How it feels to learn JavaScript in 2016 - vermilingua
https://hackernoon.com/how-it-feels-to-learn-javascript-in-2016-d3a717dd577f
======
oh_teh_meows
I had come from a Compilers/computer vision and distributed systems
background, and just recently I decided I'd quit my job and bootstrap my own
little SaaS business. My web development knowledge had basically been stuck in
the era of PHP and XmlHttpRequest, so I was in for a huge surprise when I
decided to dive into modern day web development. For 3 months I couldn't do
anything useful; it's just straight up a lot of fumbling in the dark with lots
of alternatives and opinions on how to do something. The most aggravating
things I found were the proliferation of tutorials written by beginners, and
libraries/frameworks with lots of new terminologies which are just rebranding
of existing CS concepts. It's aggravating to me because I made a distinction
between knowledge from sciences and knowledge of made up words that won't be
relevant in a few years (e.g action reducers, action creators, state store,
etc), but in the end I decided to just suck it up and internalize all these
words so I can move on with my project. They were useful to someone's project,
so surely I could humble myself and learn something from them.

This piece may seem like a satire on the current state of javascript's
ecosystem, but as far as I'm concerned it's an accurate portrayal of the pains
that one goes through when picking up front-end development from scratch. I
can't reproduce my initial development environment from memory even if I
wanted to (too many npm dependencies and command line incantations). I've
resorted to freezing them in a git repo and forking from it when I want to
start a new project. I hope in time I will figure out the bare basics for what
I plan to do.

Reflecting on my learning experiences, I think perhaps I would have progressed
faster if I had an opinionated mentor who could hide from me the diversity of
the ecosystem, or a guide if you will, until I'm ready. Entering web front-end
development is just like entering a bazaar with thousands of sellers calling
out to you. You wanted to buy a simple woodwork table so you could get on with
your home improvement project, but you left the place 8 hours later with a
bunch of tools that would be used to build said table instead, and you're
nowhere close to getting started on your actual project.

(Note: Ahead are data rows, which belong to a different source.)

//! What standard error is told of the lines of a scale at a port: that a number comes again with
//! something else, as where two scales send to one port, and that a line is ahead.
use std::io::Eprint;

/// The most bytes of a line, and its LF.
const ROOM: usize = 65;

/// So many lines of a port are told at most.
const MAX_TOLD: u32 = 20;

// No bytes.
const NOTHING: &[u8] = &[];

/// The bytes of a line that has begun or was taken.
#[derive(Clone, Copy)]
struct Line {
    bytes: [u8; ROOM],
    count: usize,
}

impl Line {
    // No bytes.
    const EMPTY: Line = Line {
        bytes: [0; ROOM],
        count: 0,
    };

    // The bytes.
    fn as_bytes(&self) -> &[u8] {
        self.bytes.get(..self.count).unwrap_or(NOTHING)
    }

    // One byte more, where there is room.
    fn push(&mut self, byte: u8) {
        if let Some(place) = self.bytes.get_mut(self.count) {
            *place = byte;
            self.count = self.count.saturating_add(1);
        }
    }

    // The number that the line begins with, where a space follows.
    fn number(&self) -> Option<u64> {
        let bytes = self.as_bytes();
        let place = bytes.iter().position(|byte| *byte == b' ')?;
        str::from_utf8(bytes.get(..place)?).ok()?.parse().ok()
    }
}

/// The lines of a scale, as their bytes come.
#[derive(Drop)]
pub(crate) struct ScaleLines {
    port: u16,
    begun: Line,
    // The line that was taken last, by its number.
    taken: u64,
    newest: Line,
    told: u32,
    is_ahead: bool,
}

impl ScaleLines {
    /// Before the first byte that comes to this port.
    pub fn new(port: u16) -> Self {
        ScaleLines {
            port,
            begun: Line::EMPTY,
            taken: 0,
            newest: Line::EMPTY,
            told: 0,
            is_ahead: false,
        }
    }

    /// A connection begins: a line that had begun is none.
    pub fn begin(&mut self) {
        self.begun = Line::EMPTY;
    }

    /// Hears some bytes.
    pub fn hear<E: Eprint>(&mut self, errors: &E, bytes: &[u8]) {
        for byte in bytes {
            if *byte == b'\n' {
                self.end_line(errors);
                self.begun = Line::EMPTY;
            } else {
                self.begun.push(*byte);
            }
        }
    }

    // A line has ended.
    fn end_line<E: Eprint>(&mut self, errors: &E) {
        let Some(number) = self.begun.number() else {
            return;
        };
        let next = self.taken.saturating_add(1);
        if number == next {
            self.taken = number;
            self.newest = self.begun;
            self.is_ahead = false;
        } else if number > next {
            self.tell_ahead(errors, number, next);
        } else if number == self.taken && self.begun.as_bytes() != self.newest.as_bytes() {
            self.tell_other(errors, number);
        }
    }

    // Tells that a line is passed over, since it is ahead; once until one is taken.
    fn tell_ahead<E: Eprint>(&mut self, errors: &E, number: u64, next: u64) {
        if !self.is_ahead && self.may_tell() {
            let port = self.port;
            let _ = eprintln!(errors;
                "hall: port {port}: the scale says number {number}, and {next} is the next one"
            );
        }
        self.is_ahead = true;
    }

    // Tells that a number comes again with something else.
    fn tell_other<E: Eprint>(&mut self, errors: &E, number: u64) {
        if self.may_tell() {
            let port = self.port;
            let _ = eprintln!(errors;
                "hall: port {port}: number {number} comes again with another weight: do two scales \
                 send to it?"
            );
        }
    }

    // Whether one line more is told.
    fn may_tell(&mut self) -> bool {
        self.told = self.told.saturating_add(1);
        self.told <= MAX_TOLD
    }
}
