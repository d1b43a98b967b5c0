//! Facts about devices that every crate above cites: how faults are counted, what is known of a
//! device's bytes, and what its calls leave as it was.
#![tactic(auto)]

mod count;

pub use count::counted_once_more;
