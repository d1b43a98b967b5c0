ghost use Rattle.std.specs.Prelude.{◌≡◌, ℤ, true, IfSome};
ghost use Rattle.std.specs.Option.{option_and_then};
ghost use Rattle.book_words.specs.Acts.{batch_opened};
ghost use Rattle.book_words.specs.Desks.{is_desk};
ghost use Rattle.book_words.specs.Ranges.{is_act_in_range};
ghost use Rattle.list_run.specs.Listing as told;
ghost use Rattle.list_run.specs.Ranges.{IsInRange, IsTare};
ghost use Rattle.hall_units.specs.Days.{IsDay};

use crate::types::{BatchLine, DeskLine, LaneLine, Line, ProductLine, RowsLine, Section, TareLine};
use book_state::State;
use book_words::{Act, Name};

/// The line of the newest day.
pub fn day_line(state: &State) -> Line
    ensures line { result ≡ told.day_line state.now.entries }
    ensures range { IsInRange result }
{
    let _rows = state.len();
    Line::Day(state.day())
}

// The tare of a product on the newest day, in mg.
fn tare_now(state: &State, product: &Name) -> Option<i64>
    ensures tare { result ≡ told.tare_now state.now.entries product.now }
    ensures range { IfSome result IsTare }
{
    let day = state.day()?;
    state.tare(product, day)
}

// The line of a product.
fn product_line(state: &State, product: &Name) -> Option<Line>
    ensures line { result ≡ told.product_line state.now.entries product.now }
    ensures range { IfSome result IsInRange }
{
    let nominal = state.nominal(product)?;
    let unit = state.unit(product)?;
    Some(Line::Product(ProductLine {
        product: *product,
        nominal,
        unit,
        tare: tare_now(state, product),
    }))
}

// The product that an act puts.
fn product_put(act: &Act) -> Option<Name>
    ensures { result ≡ told.product_put act.now }
{
    match act {
        Act::PutProduct { name, .. } => Some(*name),
        _ => None,
    }
}

// Whether a day is still to come.
fn is_to_come(state: &State, day: i32) -> bool
    ensures { result ≡ told.is_to_come state.now.entries day }
{
    match state.day() {
        Some(newest) => newest < day,
        None => true,
    }
}

// Whether a product has this tare on a day.
fn has_tare(state: &State, product: &Name, day: i32, tare: &i64) -> bool
    ensures { result ≡ told.has_tare state.now.entries product.now day tare.now }
{
    match state.tare(product, day) {
        Some(other) => other == *tare,
        None => false,
    }
}

// The line of a tare to come, where an act puts it.
fn tare_line(state: &State, act: &Act) -> Option<Line>
    requires range { is_act_in_range act.now ≡ true }
    ensures line { result ≡ told.tare_line state.now.entries act.now }
    ensures range { IfSome result IsInRange }
{
    match act {
        Act::PutTare { product, day, tare } => coming_line(state, product, *day, tare),
        _ => None,
    }
}

// The line of a tare that is put, where it is one to come.
fn coming_line(state: &State, product: &Name, day: i32, tare: &i64) -> Option<Line>
    requires day { IsDay day }
    requires tare { IsTare tare.now }
    ensures line { result ≡ told.coming_line state.now.entries product.now day tare.now }
    ensures range { IfSome result IsInRange }
{
    if is_to_come(state, day) && has_tare(state, product, day, tare) {
        Some(Line::Tare(TareLine {
            product: *product,
            day,
            tare: *tare,
        }))
    } else {
        None
    }
}

// The line of a batch.
fn batch_line(state: &State, batch: &Name) -> Option<Line>
    ensures line { result ≡ told.batch_line state.now.entries batch.now }
    ensures range { IfSome result IsInRange }
{
    let product = state.product(batch)?;
    let now = state.state(batch)?;
    Some(Line::Batch(BatchLine {
        batch: *batch,
        product,
        state: now,
        population: state.population_count(batch),
    }))
}

// The batch that an act opens.
fn batch_opened(act: &Act) -> Option<Name>
    ensures { result ≡ batch_opened act.now }
{
    match act {
        Act::OpenBatch { batch, .. } => Some(*batch),
        _ => None,
    }
}

/// The line that an act has among those of a section, where it has one.
pub fn act_line(section: Section, state: &State, act: &Act) -> Option<Line>
    requires range { is_act_in_range act.now ≡ true }
    ensures line { result ≡ told.act_line section state.now.entries act.now }
    ensures range { IfSome result IsInRange }
{
    match section {
        Section::Products => product_line(state, &product_put(act)?),
        Section::Tares => tare_line(state, act),
        Section::Batches => batch_line(state, &batch_opened(act)?),
    }
}

/// The line of a lane, where it has a batch.
pub fn lane_line(state: &State, lane: u8) -> Option<Line>
    ensures line { result ≡ told.lane_line state.now.entries lane }
    ensures range { IfSome result IsInRange }
{
    let batch = state.lane(lane)?;
    Some(Line::Lane(LaneLine { lane, batch }))
}

/// The line of a desk, 101 to 164, where it has asked for an act that was accepted.
pub fn desk_line(state: &State, desk: u16) -> Option<Line>
    requires desk { is_desk desk ≡ true }
    ensures line { result ≡ told.desk_line state.now.entries desk }
    ensures range { IfSome result IsInRange }
{
    let number = state.newest_row(desk)?;
    let entry = state.entry(number)?;
    Some(Line::Desk(DeskLine {
        desk,
        request: entry.request,
    }))
}

/// The line of the rows, of a book that has room for so many.
pub fn rows_line(state: &State, limit: u32) -> Line
    ensures line { result ≡ told.rows_line state.now.entries limit }
    ensures range { IsInRange result }
{
    let rows = state.len();
    Line::Rows(RowsLine {
        rows,
        left: limit.saturating_sub(rows),
    })
}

This maybe the beauty of the ecosystem, but getting into it wasn't a pleasant
experience for me. Now that I've gone through that phase and can get started
on the real work, I hope to spare others the pain with what I've learned.

------
jasonhansel
> Yeah, but apparently in the web we love making things complicated and then
> going back to the basics. We do that every year or so, just wait for it, we
> are going to do assembly in the web in a year or two.

Genius. Took me a while to realize this wasn't satire, and was actually about
WebAssembly.

Also: imagine how much worse it is if you _don 't_ yet know HTML/CSS.